3. In order to prevent the leakage of glue, distilled water should be immediately added to the upper and lower sumps, but distilled water should not exceed the edge of the short glass plate.
4. After the gel has solidified, you can see a bright area with a different refractive index between the sample comb and the gel plate.
(D) Add sample
1. Loosen the clamps on the two rubber pipes that connect the upper and lower reservoirs and let go of the distilled water in the tank. After the water flows, clamp the clamps again.
2, gently remove the sample comb, hands, you can see a clear line of wells, the hole to absorb moisture (note that you must not touch the edge of the hole).
3, in the upper and lower reservoir tank to add slow; medium liquid, the height of the liquid should exceed the upper edge of the upper reservoir short glass.
4. Use a microsyringe to suck a certain amount of sample into the concave gel sample well between the long and short glass plates (note that the sample loading action should be light, and the needle must not touch the plastic surface).
(e) Electrophoresis A reservoir wire is connected to the negative electrode of the electrophoresis apparatus, and the lower reservoir wire is connected to the positive electrode of the electrophoresis apparatus. Check the line is correct, in accordance with the required voltage and current electrophoresis.
(6) Take out the rubber plate and finish electrophoresis. Loosen the nut, remove the plastic frame, and peel off the glass plate. In the lower corner space of the two glass plates, use the back of the blade to gently shake, and separate the glue surface from a glass plate. Place the glass plate with the plastic plate on the table, gently hold the film along the bottom of the gel with both hands, and place it in a large petri dish. After the plastic plate has been rinsed and decolorized, clear bands can be seen.

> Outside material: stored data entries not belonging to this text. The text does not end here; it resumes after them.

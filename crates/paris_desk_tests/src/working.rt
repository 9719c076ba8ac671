//! Tests of work: seats that take, execute and bring, by themselves and in threads.

ghost use Rattle.std.specs.Prelude.{◌≡◌, ◌≤◌};
ghost use Rattle.paris_names.specs.declared.profiles.Profile.TheVariants.{One};
ghost use Rattle.paris_records.specs.declared.limits.TheConstants.{MAX_HISTORY, MAX_SEATS};

use crate::endings::Ending::Closes;
use crate::endings::{Ending, ends};
use crate::steps::Change::{Field, Set};
use crate::steps::Step::{Accepts, Inserts, Shows};
use crate::steps::{Step, plays_alone};
use paris_desk::{Desk, Office, Opening, Seat, work};
use paris_exec::{Gate, OpenGate};
use paris_names::Spot::End;
use paris_names::{Edition, Fault, RowId};
use std::alloc::Global;
use std::marker::Brand;
use std::process::Abort;
use std::sync::Wait;
use std::sync::atomic::{AtomicBool, AtomicU64, Ordering};
use std::thread;
use std::thread::{Threads, join};
use std::time::{Clock, Duration};

/// How often a gate looks whether the other execution has entered, a millisecond apart.
const TURNS: u64 = 10_000;

/// A gate that holds executions until there were two.
#[derive(Drop)]
struct TwoAtOnce<'a, C: Clock> {
    clock: &'a C,
    entered: AtomicU64,
    left: AtomicU64,
    late: AtomicBool,
}

impl<'a, C: Clock> TwoAtOnce<'a, C> {
    fn new(clock: &'a C) -> TwoAtOnce<'a, C> {
        TwoAtOnce {
            clock,
            entered: AtomicU64::new(0),
            left: AtomicU64::new(0),
            late: AtomicBool::new(false),
        }
    }

    /// Whether two executions have come in, each with the other, and left.
    fn has_let_two_through(&self) -> bool {
        let late = self.late.load(Ordering::SeqCst);
        let left = self.left.load(Ordering::SeqCst);
        !late && left == 2
    }
}

impl<C: Clock> Gate for TwoAtOnce<'_, C> {
    fn enter(&self, _id: RowId, _edition: Edition) {
        self.entered.fetch_add(1, Ordering::SeqCst);
        for _ in 0..TURNS {
            if self.entered.load(Ordering::SeqCst) >= 2 {
                return;
            }
            thread::sleep(self.clock, Duration::from_millis(1));
        }
        self.late.store(true, Ordering::SeqCst);
    }

    fn leave(&self, _id: RowId, _edition: Edition) {
        self.left.fetch_add(1, Ordering::SeqCst);
    }
}

/// Two rows, each of which is ready from the first.
const TWO_ROWS: &[Step] = &[
    Accepts(Set(&[4])),
    Accepts(Field(b"a")),
    Accepts(Field(b"b")),
    Inserts(b"u-move-constant-1L a 1 8", 1),
    Inserts(b"u-move-constant-1L b 2 8", 2),
];

/// What both rows leave.
const RESULTS: &[Step] = &[
    Shows(b"a", End, &[1, 1, 1, 1]),
    Shows(b"b", End, &[2, 2, 2, 2]),
];

/// Whether two seats that work at once run one row each, and both rows are in execution at once.
fn both_work<L: Office + Send + Sync, R: Abort + Threads + Wait + Sync, C: Clock + Sync>(
    rt: &R,
    alloc: Global,
    desk: &Desk<L>,
    one: &mut Seat<L>,
    two: &mut Seat<L>,
    gate: &TwoAtOnce<'_, C>,
) -> bool {
    let (first, second) = join(
        rt,
        || work(rt, alloc, desk, &mut *one, gate, 10),
        || work(rt, alloc, desk, &mut *two, gate, 10),
    );
    first == Ok(1) && second == Ok(1) && gate.has_let_two_through()
}

/// Whether a seat has so many receipts more than it had.
fn has_more<L: Office>(seat: &Seat<L>, before: usize, more: usize) -> bool {
    seat.receipts().len().checked_sub(before) == Some(more)
}

/// Two seats work: each runs one of two independent rows, and both rows are in execution at once.
fn two_work<L: Office + Send + Sync, R: Abort + Threads + Wait + Sync, C: Clock + Sync>(
    rt: &R,
    alloc: Global,
    desk: &Desk<L>,
    one: &mut Seat<L>,
    two: &mut Seat<L>,
    gate: &TwoAtOnce<'_, C>,
) -> Result<(), Fault> {
    plays_alone(rt, alloc, desk, one, TWO_ROWS)?;
    let before = one.receipts().len();
    assert!(rt; both_work(rt, alloc, desk, one, two, gate));
    assert!(rt; has_more(one, before, 3) && has_more(two, 0, 3));
    one.learn(two.front());
    plays_alone(rt, alloc, desk, one, RESULTS)
}

/// Whether a seat that is asked for so many orders runs so many, and has so many receipts more then.
fn runs<L: Office>(
    rt: &(impl Abort + Wait),
    alloc: Global,
    desk: &Desk<L>,
    seat: &mut Seat<L>,
    asked: u64,
    ran: u64,
    more: usize,
) -> bool {
    let before = seat.receipts().len();
    let answer = work(rt, alloc, desk, seat, &OpenGate, asked);
    answer == Ok(ran) && has_more(seat, before, more)
}

/// A seat runs no more orders than it is asked for, and stops where no row is ready.
fn one_works<L: Office>(
    rt: &(impl Abort + Wait),
    alloc: Global,
    desk: &Desk<L>,
    seat: &mut Seat<L>,
) -> Result<(), Fault> {
    plays_alone(rt, alloc, desk, seat, TWO_ROWS)?;
    assert!(rt; runs(rt, alloc, desk, seat, 0, 0, 0));
    assert!(rt; runs(rt, alloc, desk, seat, 1, 1, 2));
    assert!(rt; runs(rt, alloc, desk, seat, 5, 1, 3));
    plays_alone(rt, alloc, desk, seat, RESULTS)
}

fn works_with<L: Office + Send + Sync, R: Abort + Threads + Wait + Sync, C: Clock + Sync>(
    rt: &R,
    alloc: Global,
    desk: &Desk<L>,
    seats: &mut [Seat<L>],
    gate: &TwoAtOnce<'_, C>,
) -> Result<(), Fault> {
    let (one, rest) = seats.split_first_mut().expect(rt, "there is a seat");
    match rest.first_mut() {
        None => one_works(rt, alloc, desk, one),
        Some(two) => two_work(rt, alloc, desk, one, two, gate),
    }
}

/// Whether seats work at a desk, and the desk is ended as it must be.
fn opens<L: Office + Send + Sync, R: Abort + Threads + Wait + Sync, C: Clock + Sync>(
    rt: &R,
    alloc: Global,
    opening: Opening,
    seats: u64,
    limit: u64,
    gate: &TwoAtOnce<'_, C>,
    ending: Ending,
) -> Result<bool, Fault>
    requires opening { (opening.blank.name ≡ L.name) × (opening.blank.parts ≡ L.parts) × (opening.seen.book ≡ L.log) }
    requires profile { One ≡ L.profile }
    requires seats { (seats ≡ L.parts) × (seats ≡ L.seats) }
    requires few { (1 ≤ seats) × (seats ≤ MAX_SEATS) }
    requires limit { (limit ≡ L.limit) × (limit ≤ MAX_HISTORY) }
{
    let (desk, mut all) = Desk::<L>::new(rt, alloc, opening, seats, limit)?;
    match works_with(rt, alloc, &desk, &mut all, gate) {
        Ok(()) => ends(rt, alloc, desk, all, ending),
        Err(fault) => {
            desk.discard(rt);
            Err(fault)
        }
    }
}

/// Works at a desk of so many seats, and ends it.
fn works<R: Abort + Threads + Wait + Clock + Sync>(
    rt: &R,
    alloc: Global,
    seats: u64,
    ending: Ending,
) -> Result<(), Fault>
    requires { (1 ≤ seats) × (seats ≤ MAX_SEATS) }
{
    let gate = TwoAtOnce::new(rt);
    let opening = Opening::new(seats);
    let is_ended = opens::<Brand, R, R>(rt, alloc, opening, seats, 100, &gate, ending)?;
    assert!(rt; is_ended);
    Ok(())
}

#[test]
fn independent_rows_are_executed_at_once(rt: HostRuntime) -> Result<(), Fault> {
    works(&rt, rt.alloc(), 2, Closes(&[10, 3]))
}

#[test]
fn a_limit_is_kept(rt: HostRuntime) -> Result<(), Fault> {
    works(&rt, rt.alloc(), 1, Closes(&[12]))
}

Note: The same applies to the DYCZ-28B and 29 sandwich electrophoresis tanks. The same applies to the DYCZ-28C, 28D, and 30 electrophoresis tanks. Since two plastic sheets are produced, three reservoirs are actually formed. Please note that during the operation, both short glass plates of the plastic chamber should be inward, the middle is negative, and the two sides are positive.
note. Can be used as two pieces of gel electrophoresis tank, when making a piece of plastic, three leads should be inserted in the electrophoresis tank, so as not to touch the table.